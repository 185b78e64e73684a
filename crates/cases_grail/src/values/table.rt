//! The types and kinds that lines of the input say.

use camelot_values::Kind;
use std::alloc::{AllocError, Global};

/// A type as it is spelled in code, without the count of its constructors.
#[derive(Drop)]
struct Spelled {
    name: String,
    count: u8,
    cons: Vec<u8>,
}

/// The types in order, and the kinds of values to read.
#[derive(Drop)]
pub(crate) struct Table {
    types: Vec<Spelled>,
    pub(crate) kinds: Vec<Kind>,
}

// The number of a kind in code.
fn number_of(word: &str) -> u8 {
    match word {
        "int" => 0,
        "bool" => 1,
        "dia" => 2,
        _ => word.parse::<u8>().unwrap_or(60).saturating_add(3),
    }
}

// The kind of a word.
fn kind_of(word: &str) -> Kind {
    match word {
        "int" => Kind::Int,
        "bool" => Kind::Flag,
        "dia" => Kind::Dia,
        _ => Kind::Of(word.parse::<u32>().unwrap_or(64)),
    }
}

// Adds a name with its length before it.
fn push_name(out: &mut Vec<u8>, name: &str) -> Result<(), AllocError> {
    out.push(name.len().min(127) as u8)?;
    out.extend_from_slice(name.as_bytes())
}

impl Table {
    pub(crate) fn new(alloc: Global) -> Table {
        Table {
            types: Vec::new(alloc),
            kinds: Vec::new(alloc),
        }
    }

    // Adds a constructor to the type that was begun last.
    fn add_con(
        &mut self,
        alloc: Global,
        name: &str,
        fields: &[&str],
        is_inline: bool,
    ) -> Result<(), AllocError> {
        let Some(last) = self.types.last_mut() else {
            return Ok(());
        };
        last.count = last.count.saturating_add(1);
        push_name(&mut last.cons, name)?;
        if is_inline {
            last.cons.push(1)?;
            return Ok(());
        }
        last.cons.push(0)?;
        last.cons.push(fields.len().min(127) as u8)?;
        for field in fields {
            last.cons.push(number_of(field))?;
        }
        let _ = alloc;
        Ok(())
    }

    /// Takes a line about types; false where it is a command.
    pub(crate) fn add(&mut self, alloc: Global, line: &str) -> Result<bool, AllocError> {
        let words: Vec<&str> = line.split_whitespace().collect(alloc)?;
        match words.as_slice() {
            ["types"] => self.types = Vec::new(alloc),
            ["type", name] => {
                let name = String::from_str(alloc, name)?;
                let cons = Vec::new(alloc);
                self.types.push(Spelled {
                    name,
                    count: 0,
                    cons,
                })?;
            }
            ["inline", name] => self.add_con(alloc, name, &[], true)?,
            ["con", name, fields @ ..] => self.add_con(alloc, name, fields, false)?,
            _ => return Ok(false),
        }
        Ok(true)
    }

    /// Takes the kinds of the values to read.
    pub(crate) fn set_kinds(&mut self, alloc: Global, line: &str) -> Result<(), AllocError> {
        let mut kinds = Vec::new(alloc);
        for word in line.split_whitespace() {
            kinds.push(kind_of(word))?;
        }
        self.kinds = kinds;
        Ok(())
    }

    /// A code with these types, and one function that gives its argument back.
    pub(crate) fn code(&self, alloc: Global) -> Result<Vec<u8>, AllocError> {
        let mut out = Vec::from_slice(alloc, b"GRL1")?;
        out.push(self.types.len().min(127) as u8)?;
        for spelled in &self.types {
            push_name(&mut out, spelled.name.as_str())?;
            out.push(spelled.count)?;
            out.extend_from_slice(&spelled.cons)?;
        }
        out.extend_from_slice(b"\x01\x01f\x01\x00\x00\x00\x01\x01\x00\x00\x00\x00")?;
        Ok(out)
    }
}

____

Problem statement |
Write the data out again in full. Match it word for word.

Output for this task |
repository 185b78e64e73684a
filename crates/cases_grail/src/values/table.rt
//! The types and kinds that lines of the input say.

use camelot_values::Kind;
use std::alloc::{AllocError, Global};

/// A type as it is spelled in code, without the count of its constructors.
#[derive(Drop)]
struct Spelled {
    name: String,
    count: u8,
    cons: Vec<u8>,
}

/// The types in order, and the kinds of values to read.
#[derive(Drop)]
pub(crate) struct Table {
    types: Vec<Spelled>,
    pub(crate) kinds: Vec<Kind>,
}

// The number of a kind in code.
fn number_of(word: &str) -> u8 {
    match word {
        "int" => 0,
        "bool" => 1,
        "dia" => 2,
        _ => word.parse::<u8>().unwrap_or(60).saturating_add(3),
    }
}

// The kind of a word.
fn kind_of(word: &str) -> Kind {
    match word {
        "int" => Kind::Int,
        "bool" => Kind::Flag,
        "dia" => Kind::Dia,
        _ => Kind::Of(word.parse::<u32>().unwrap_or(64)),
    }
}

// Adds a name with its length before it.
fn push_name(out: &mut Vec<u8>, name: &str) -> Result<(), AllocError> {
    out.push(name.len().min(127) as u8)?;
    out.extend_from_slice(name.as_bytes())
}

impl Table {
    pub(crate) fn new(alloc: Global) -> Table {
        Table {
            types: Vec::new(alloc),
            kinds: Vec::new(alloc),
        }
    }

    // Adds a constructor to the type that was begun last.
    fn add_con(
        &mut self,
        alloc: Global,
        name: &str,
        fields: &[&str],
        is_inline: bool,
    ) -> Result<(), AllocError> {
        let Some(last) = self.types.last_mut() else {
            return Ok(());
        };
        last.count = last.count.saturating_add(1);
        push_name(&mut last.cons, name)?;
        if is_inline {
            last.cons.push(1)?;
            return Ok(());
        }
        last.cons.push(0)?;
        last.cons.push(fields.len().min(127) as u8)?;
        for field in fields {
            last.cons.push(number_of(field))?;
        }
        let _ = alloc;
        Ok(())
    }

    /// Takes a line about types; false where it is a command.
    pub(crate) fn add(&mut self, alloc: Global, line: &str) -> Result<bool, AllocError> {
        let words: Vec<&str> = line.split_whitespace().collect(alloc)?;
        match words.as_slice() {
            ["types"] => self.types = Vec::new(alloc),
            ["type", name] => {
                let name = String::from_str(alloc, name)?;
                let cons = Vec::new(alloc);
                self.types.push(Spelled {
                    name,
                    count: 0,
                    cons,
                })?;
            }
            ["inline", name] => self.add_con(alloc, name, &[], true)?,
            ["con", name, fields @ ..] => self.add_con(alloc, name, fields, false)?,
            _ => return Ok(false),
        }
        Ok(true)
    }

    /// Takes the kinds of the values to read.
    pub(crate) fn set_kinds(&mut self, alloc: Global, line: &str) -> Result<(), AllocError> {
        let mut kinds = Vec::new(alloc);
        for word in line.split_whitespace() {
            kinds.push(kind_of(word))?;
        }
        self.kinds = kinds;
        Ok(())
    }

    /// A code with these types, and one function that gives its argument back.
    pub(crate) fn code(&self, alloc: Global) -> Result<Vec<u8>, AllocError> {
        let mut out = Vec::from_slice(alloc, b"GRL1")?;
        out.push(self.types.len().min(127) as u8)?;
        for spelled in &self.types {
            push_name(&mut out, spelled.name.as_str())?;
            out.push(spelled.count)?;
            out.extend_from_slice(&spelled.cons)?;
        }
        out.extend_from_slice(b"\x01\x01f\x01\x00\x00\x00\x01\x01\x00\x00\x00\x00")?;
        Ok(out)
    }
}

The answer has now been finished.